[future] capitalization context #11

zbraniecki · 2017-01-16T21:28:33Z

Relative time format may be useful within localization contexts but in order for that to work, we'd need to follow ICU and expose ability to capitalize the formatted string.

ICU exposes UDisplayContext [0] which in this case would take one of the three values standalone, sentence-start or sentence-middle. Example:

let rtf = new Intl.RelativeTimeFormat('en-US', {
  context: 'sentence-start'
});
rtf.format(new Date() - 1000 * 60 * 60 * 24); // 'Yesterday'

let rtf = new Intl.RelativeTimeFormat('en-US', {
  context: 'sentence-middle'
});
rtf.format(new Date() - 1000 * 60 * 60 * 24); // 'yesterday'

I don't think we should do this for the first revision, but wanted to file an issue already to put it in peoples radar when talking about API.

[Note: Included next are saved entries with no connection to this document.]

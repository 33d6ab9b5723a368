//! Writing messages that are protected.
ghost use Rattle.std.specs.Prelude.{◌≡◌, ℕ, ◌+◌, ◌^◌, ◌<◌, ◌≤◌, List, length, Some, None, IfOk, IfSome};
ghost use Rattle.std.specs.Option.{option_copied};
ghost use Rattle.hss_sig.specs.Hss.{HssOk};
ghost use Rattle.pbmac.specs.Mac.{mac_of};
ghost use Rattle.pki_header.specs.Plan.{FitsPlan, plan_size};
ghost use Rattle.pki_parts.specs.Status.{option_size};
ghost use Rattle.pki_message.specs.Body.{BodyForm};
ghost use Rattle.pki_message.specs.Frame.{message_limit};
ghost use Rattle.pki_message.specs.Message.{IsExtraCerts};
ghost use Rattle.protect.specs.Algorithms.{hss_lms, mac_algorithm};
ghost use Rattle.protect.specs.Written.{IsProtected, IsWholeBody, IsReadBack, algorithm_for, protection_for, key_for, IsUsable, IsAccepted};
ghost use Rattle.protect.specs.declared.key.Key.TheVariants as keys;

use crate::algorithm::mac_algorithm;
use crate::header::header_with;
use crate::how::How;
use crate::unsigned::{to_sign, with_sig};
use cmp_values::{Octets, Short};
use hss_sig::LeafSigner;
use pbmac::{MacParams, make_mac};
use pki_header::HeaderPlan;
use pki_message::{protected_part, write_message};
use std::alloc::{AllocError, Global};

/// A message that is not protected.
fn unprotected(
    alloc: Global,
    plan: &HeaderPlan,
    body: &[u8],
    extra: Option<&[u8]>,
) -> Result<Octets, AllocError>
    requires time { IfSome plan.now.time (λ t. t ≤ 253_402_300_799) }
    requires counted { plan_size plan.now + length body.now + option_size (option_copied extra) + 2 ^ 17 < 2 ^ 32 }
    ensures made { IfOk result (IsProtected plan.now body.now None (λ part. None) (option_copied extra.entry)) }
    ensures size { IfOk result (λ octets. length octets ≤ plan_size plan.now + length body.now + option_size (option_copied extra.entry) + 576) }
    ensures again { FitsPlan plan.now → (b : BodyForm) → IsWholeBody b body.now → IfSome (option_copied extra.entry) IsExtraCerts
        → IfOk result (λ octets. length octets ≤ message_limit → IsReadBack plan.now None (option_copied extra.entry) None b octets) }
{
    let header = header_with(alloc, plan, None)?;
    write_message(alloc, header.as_slice(), body, None, extra)
}

/// What a MAC is made with, beside the secret.
fn mac_params(salt: &[u8; 16], rounds: u32) -> MacParams
    ensures { result ≡ record { salt = salt.now; rounds = rounds } }
{
    MacParams {
        salt: Short::of(salt).unwrap_or(Short::empty()),
        rounds,
    }
}

/// A message that is protected by the MAC of a secret.
fn with_mac(
    alloc: Global,
    plan: &HeaderPlan,
    body: &[u8],
    secret: &Short,
    salt: &[u8; 16],
    rounds: u32,
    extra: Option<&[u8]>,
) -> Result<Octets, AllocError>
    requires time { IfSome plan.now.time (λ t. t ≤ 253_402_300_799) }
    requires counted { plan_size plan.now + length body.now + option_size (option_copied extra) + 2 ^ 17 < 2 ^ 32 }
    requires rounds { 1 ≤ rounds }
    ensures made { IfOk result (IsProtected plan.now body.now (Some (mac_algorithm salt.now rounds))
        (λ part. Some (mac_of secret.now (record { salt = salt.now; rounds = rounds }) part)) (option_copied extra.entry)) }
    ensures size { (n : ℕ) → ((part : List ℕ) → length (mac_of secret.now (record { salt = salt.now; rounds = rounds }) part) ≤ n)
        → IfOk result (λ octets. length octets ≤ plan_size plan.now + length body.now + n + option_size (option_copied extra.entry) + 576) }
    ensures again { FitsPlan plan.now → rounds ≤ 200000 → (b : BodyForm) → IsWholeBody b body.now → IfSome (option_copied extra.entry) IsExtraCerts
        → IfOk result (λ octets. length octets ≤ message_limit → IsReadBack plan.now (Some (mac_algorithm salt.now rounds)) (option_copied extra.entry) (Some (keys.Mac secret.now)) b octets) }
{
    let alg = mac_algorithm(alloc, salt, rounds)?;
    let header = header_with(alloc, plan, Some(alg))?;
    let part = protected_part(alloc, header.as_slice(), body)?;
    let params = mac_params(salt, rounds);
    let mac = make_mac(secret.as_slice(), &params, part.as_slice());
    write_message(alloc, header.as_slice(), body, Some(&mac), extra)
}

/// The signature of a text by a leaf.
fn signed<L: LeafSigner>(signer: &L, leaf: u32, text: &[u8]) -> Result<Octets, AllocError>
    requires { leaf < L.count signer.now }
    ensures signed { IfOk result (λ sig. sig ≡ L.signature signer.now leaf text.now) }
    ensures valid { IfOk result (λ sig. HssOk (L.key signer.now) text.now sig) }
    ensures short { IfOk result (λ sig. length sig ≤ 75000) }
{
    signer.sign_at(leaf, text)
}

/// A message that is protected by the signature of a leaf.
fn with_signature<L: LeafSigner>(
    alloc: Global,
    plan: &HeaderPlan,
    body: &[u8],
    signer: &L,
    leaf: u32,
    extra: Option<&[u8]>,
) -> Result<Octets, AllocError>
    requires time { IfSome plan.now.time (λ t. t ≤ 253_402_300_799) }
    requires counted { plan_size plan.now + length body.now + option_size (option_copied extra) + 2 ^ 17 < 2 ^ 32 }
    requires below { leaf < L.count signer.now }
    ensures made { IfOk result (IsProtected plan.now body.now (Some hss_lms) (λ part. Some (L.signature signer.now leaf part)) (option_copied extra.entry)) }
    ensures size { (n : ℕ) → ((part : List ℕ) → length (L.signature signer.now leaf part) ≤ n)
        → IfOk result (λ octets. length octets ≤ plan_size plan.now + length body.now + n + option_size (option_copied extra.entry) + 576) }
    ensures again { FitsPlan plan.now → (b : BodyForm) → IsWholeBody b body.now → IfSome (option_copied extra.entry) IsExtraCerts
        → IfOk result (λ octets. length octets ≤ message_limit → IsReadBack plan.now (Some hss_lms) (option_copied extra.entry) (Some (keys.Lms (L.key signer.now))) b octets) }
{
    let unsigned = to_sign(alloc, plan, body)?;
    let sig = signed(signer, leaf, unsigned.part.as_slice())?;
    with_sig(alloc, &unsigned, body, sig.as_slice(), extra)
}

/// Writes a message (RFC 9810, 5.1) of a header's plan, a whole body and the one certificate of extraCerts, where there is one,
/// protected as `how` says: its algorithm stands in the header in the place of the plan's. `AllocError` where memory runs out.
pub fn protect_with<L: LeafSigner>(
    alloc: Global,
    header: &HeaderPlan,
    body: &[u8],
    how: &How<'_, L>,
    extra: Option<&[u8]>,
) -> Result<Octets, AllocError>
    requires time { IfSome header.now.time (λ t. t ≤ 253_402_300_799) }
    requires counted { plan_size header.now + length body.now + option_size (option_copied extra) + 2 ^ 17 < 2 ^ 32 }
    requires usable { IsUsable L.count how.now }
    // The message is the one that was asked for.
    ensures made { IfOk result (IsProtected header.now body.now (algorithm_for how.now) (protection_for L.signature how.now) (option_copied extra.entry)) }
    // It has at most 576 octets more than the fields, the body, the certificate and the protection.
    ensures size { (n : ℕ) → ((part : List ℕ) → option_size (protection_for L.signature how.now part) ≤ n)
        → IfOk result (λ octets. length octets ≤ plan_size header.now + length body.now + n + option_size (option_copied extra.entry) + 576) }
    // What is written of parts that have the forms of their types is read as a message again, whose header says what the plan does,
    // and its protection holds: under the same secret, or under the signer's public key.
    ensures again { FitsPlan header.now → IsAccepted how.now → (b : BodyForm) → IsWholeBody b body.now → IfSome (option_copied extra.entry) IsExtraCerts
        → IfOk result (λ octets. length octets ≤ message_limit → IsReadBack header.now (algorithm_for how.now) (option_copied extra.entry) (key_for L.key how.now) b octets) }
{
    match how {
        How::Nothing => unprotected(alloc, header, body, extra),
        How::Mac {
            secret,
            salt,
            rounds,
        } => with_mac(alloc, header, body, secret, salt, *rounds, extra),
        How::Leaf { signer, leaf } => with_signature(alloc, header, body, *signer, *leaf, extra),
    }
}
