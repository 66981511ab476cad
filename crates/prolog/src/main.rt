//! The program `prolog`: its words, the program text, the queries, and a session on standard output.
#![tactic(auto)]

use iso_session::{TextFault, Words, WordsFault, read_text, read_words, session, status_of};
use std::io::{ErrorKind, IsTerminal};
use std::process::ExitCode;
use std::{env, fs, io};

/// The status of a file or of standard input that can't be read.
const UNREADABLE: u8 = 1;
/// The status of a usage fault.
const MISUSE: u8 = 2;
/// The status where memory was refused before the session began.
const NO_MEMORY: u8 = 3;

/// The usage fault of a word that isn't UTF-8, or NoMemory where memory for its line was refused.
fn not_utf8(rt: &HostRuntime) -> WordsFault {
    match String::from_str(rt.alloc(), "a word is not UTF-8") {
        Ok(line) => WordsFault::Usage(line),
        Err(_) => WordsFault::NoMemory,
    }
}

/// The words behind the program's name. Usage where a word isn't UTF-8.
fn words_of(rt: &HostRuntime) -> Result<Vec<String>, WordsFault> {
    let given = match env::args(rt) {
        Ok(given) => given,
        Err(error) if error.kind() == ErrorKind::OutOfMemory => return Err(WordsFault::NoMemory),
        Err(_) => return Err(not_utf8(rt)),
    };
    let mut words = Vec::new(rt.alloc());
    for word in given.skip(1) {
        if words.push(word).is_err() {
            return Err(WordsFault::NoMemory);
        }
    }
    Ok(words)
}

/// Says on standard error that memory was refused.
fn refuse_memory(rt: &HostRuntime) -> u8 {
    let _ = rt.eprintln("prolog: no memory");
    NO_MEMORY
}

/// The status for words that were not taken.
fn refuse_words(rt: &HostRuntime, fault: &WordsFault) -> u8 {
    match fault {
        WordsFault::Help => {
            let _ = rt.print(iso_session::words::USAGE);
            0
        }
        WordsFault::Usage(line) => {
            let _ = eprint!(rt; "prolog: {line}\n{}", iso_session::words::USAGE);
            MISUSE
        }
        WordsFault::NoMemory => refuse_memory(rt),
    }
}

/// Says on standard error that a text can't be read, and on a second line why, or that memory was refused.
fn refuse_text(rt: &HostRuntime, name: &str, fault: &TextFault) -> u8 {
    match fault {
        TextFault::Unreadable(obstacle) => {
            let _ = eprint!(rt; "prolog: cannot read {name}\nprolog: {obstacle}\n");
            UNREADABLE
        }
        TextFault::NoMemory => refuse_memory(rt),
    }
}

/// The text of the file.
fn read_file(rt: &HostRuntime, path: &str) -> Result<String, TextFault> {
    let mut file = fs::open(rt, path)?;
    read_text(rt.alloc(), &mut file)
}

/// The queries on standard input; a terminal is told that they are read until it ends.
fn read_queries(rt: &HostRuntime) -> Result<String, TextFault> {
    if rt.stdin().is_terminal() {
        let _ = rt.eprintln("prolog: queries are read until the end of input (Ctrl-D)");
    }
    read_text(rt.alloc(), &mut rt.reader())
}

/// Reads the file and the queries, and runs the session; gives the status.
fn run(rt: &HostRuntime, words: &Words) -> u8 {
    let path = words.file.as_str();
    let text = match read_file(rt, path) {
        Ok(text) => text,
        Err(fault) => return refuse_text(rt, path, &fault),
    };
    let queries = match read_queries(rt) {
        Ok(queries) => queries,
        Err(fault) => return refuse_text(rt, "queries", &fault),
    };
    let mut out = io::writer(rt);
    let outcome = session(
        rt.alloc(),
        text.as_str(),
        queries.as_str(),
        &words.limits,
        words.engine,
        &mut out,
    );
    if let Err(fault) = &outcome {
        let _ = rt.eprintln(format_args!("prolog: {fault}"));
    }
    status_of(&outcome)
}

fn main(rt: HostRuntime) -> ExitCode {
    let alloc = rt.alloc();
    let owned = match words_of(&rt) {
        Ok(owned) => owned,
        Err(fault) => return ExitCode::from(refuse_words(&rt, &fault)),
    };
    let mut words: Vec<&str> = Vec::new(alloc);
    for word in &owned {
        if words.push(word.as_str()).is_err() {
            return ExitCode::from(refuse_memory(&rt));
        }
    }
    let status = match read_words(alloc, words.as_slice()) {
        Ok(words) => run(&rt, &words),
        Err(fault) => refuse_words(&rt, &fault),
    };
    ExitCode::from(status)
}
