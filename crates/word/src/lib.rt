// Eight bytes as one number, and the lowest mark in such a number. specs/Word.antt says what the number is.
#![tactic(auto)]

ghost use Rattle.std.specs.Prelude.{◌≡◌, ◌+◌, ◌/◌, ◌≤◌, ◌<◌, length};
ghost use Rattle.std.specs.Int.Count.{count_trailing_zeros};
ghost use Rattle.word.specs.Word.{word_at};

// As `word_at`, where the bytes end before the eighth.
fn word_cut(s: &[u8], p: usize) -> u64
    requires { length s.now < p + 8 }
    ensures { result ≡ word_at 8 s.now p }
{
    let mut w = 0;
    for q in (p..s.len()).rev() {
        w = w * 256 + u64::from(s[q]);
    }
    w
}

// The eight bytes from `p` on as one number, lowest first; behind the end of the slice each is 0.
pub fn word_at(s: &[u8], p: usize) -> u64
    ensures { result ≡ word_at 8 s.now p }
{
    // To settle: as one condition with `||`, flat binary takes 1.02 and integers 1.03 of the instructions, and no goal is missed.
    if s.len() < 8 {
        return word_cut(s, p);
    }
    if s.len() - 8 < p {
        return word_cut(s, p);
    }
    u64::from_le_bytes(*s[p..p + 8].as_array().unwrap())
}

// How many bytes stand before the lowest mark; 8 where there is none.
pub fn low_mark(m: u64) -> usize
    ensures { (result ≡ count_trailing_zeros 64 m / 8) × (result ≤ 8) }
{
    (m.trailing_zeros() / 8) as usize
}
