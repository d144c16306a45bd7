// Eight bytes at once: a mark for each that is of a kind. specs/Classes.antt says what the kinds are, specs/Word.antt of crate `word` how
// a number marks its bytes.
#![tactic(auto)]

ghost use Rattle.std.specs.Prelude.{◌≡◌, ◌+◌};
ghost use Rattle.std.specs.Int.Bits.{bit_and, bit_or};
ghost use Rattle.word.specs.Word.{marks_at};
ghost use Rattle.marks.specs.Classes.{is_byte, is_quote, is_other, no_letter};

// The top bit of each byte of a word, and the seven others.
const TOPS: u64 = 0x8080_8080_8080_8080;

const LOWS: u64 = 0x7f7f_7f7f_7f7f_7f7f;

// The top bit of each byte that is not 0; the other bits say nothing.
fn filled(x: u64) -> u64
    ensures { result ≡ bit_or (bit_and x 9187201950435737471 + 9187201950435737471) x }
{
    ((x & LOWS) + LOWS) | x
}

// A mark in the top bit of each of eight bytes that is `b`.
pub fn byte_marks(s: &[u8], p: usize, b: u8) -> u64
    ensures { result ≡ marks_at (is_byte b) 8 s.now p }
{
    let w = word::word_at(s, p);
    let f = filled(w ^ (u64::from(b) * 0x0101_0101_0101_0101));
    !f & TOPS
}

// A mark in the top bit of each of eight bytes that is a quote or a backslash.
pub fn quote_marks(s: &[u8], p: usize) -> u64
    ensures { result ≡ marks_at is_quote 8 s.now p }
{
    let w = word::word_at(s, p);
    let f = filled(w ^ 0x2222_2222_2222_2222) & filled(w ^ 0x5c5c_5c5c_5c5c_5c5c);
    !f & TOPS
}

// A mark in the top bit of each of eight bytes that is no digit.
pub fn other_marks(s: &[u8], p: usize) -> u64
    ensures { result ≡ marks_at is_other 8 s.now p }
{
    let w = word::word_at(s, p);
    let y = w & LOWS;
    let from = y + 0x5050_5050_5050_5050;
    let over = y + 0x4646_4646_4646_4646;
    let f = from & !over & !w;
    !f & TOPS
}

// A mark in the top bit of each of eight bytes that is no letter.
pub fn letter_marks(s: &[u8], p: usize) -> u64
    ensures { result ≡ marks_at no_letter 8 s.now p }
{
    let w = word::word_at(s, p);
    let z = (w & LOWS) | 0x2020_2020_2020_2020;
    let from = z + 0x1f1f_1f1f_1f1f_1f1f;
    let over = z + 0x0505_0505_0505_0505;
    let f = from & !(over | w);
    !f & TOPS
}
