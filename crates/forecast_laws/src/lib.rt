//! What is true of forecasts of starts: each law is the contract of a function that does nothing.
#![tactic(auto)]

mod laws;

pub use laws::{nothing_happens_between_events, there_is_one_forecast};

[0] http://www.icu-project.org/apiref/icu4c/udisplaycontext_8h.html#ac80aa1aceff6c7ad2e9f983a19d8d868

The text was updated successfully, but these errors were encountered:

littledan · 2017-06-23T11:36:48Z

There are a bunch more contexts linked from there. How did you arrive at this more minimal set?

zbraniecki · 2017-07-05T21:23:13Z

I don't remember, but it may be that I was just going for the minimal set that provides the default (standalone) and in-sentence options. I don't see a reason not to add others, but for l10n purposes those three would probably be the most important ones.

caridy · 2017-07-14T20:36:19Z

We don't support this in DateTimeFormat. And I think formatToParts helps here in a way that they might implement tricks using CSS and replacements for the time-being. Definitely not something that we need to look at now.

littledan · 2017-07-15T12:21:04Z

I hope you're not thinking of using text-transform: capitalize. This doesn't really follow reasonable linguistic rules generally.

caridy · 2017-07-17T15:45:24Z

I hope you're not thinking of using text-transform: capitalize. This doesn't really follow reasonable linguistic rules generally.

I'm thinking of using parts, plus a little bit of data or function on the client side to decide when to capitalize, and apply a css to an span around the parts.

littledan · 2017-07-18T15:42:26Z

@caridy How would you do the actual capitalization?

caridy · 2017-07-19T00:36:58Z

This could be a poor man implementation of capitalization for weekdays:

new Intl.DateTimeFormat('en', { weekday: 'short' }).formatToParts(Date.now()).reduce((result, part) => {
     if (part.type === 'weekday') {
         const c = shouldLocaleWeekDayBeCapitalizedForThisCase(); // CLDR based implementation
         result += `<span class="${c ? 'upper' : 'lower' }">${[art.value}</span>`;
     }
     return result;
}, '')

Again, my point is that some of this kind of stuff can be done in user-land today with parts and a little bit of CLDR data.

littledan · 2017-07-19T08:53:19Z

@caridy What's the CSS that backs the upper/lower classes? That's the part that I'm getting at that worries me more.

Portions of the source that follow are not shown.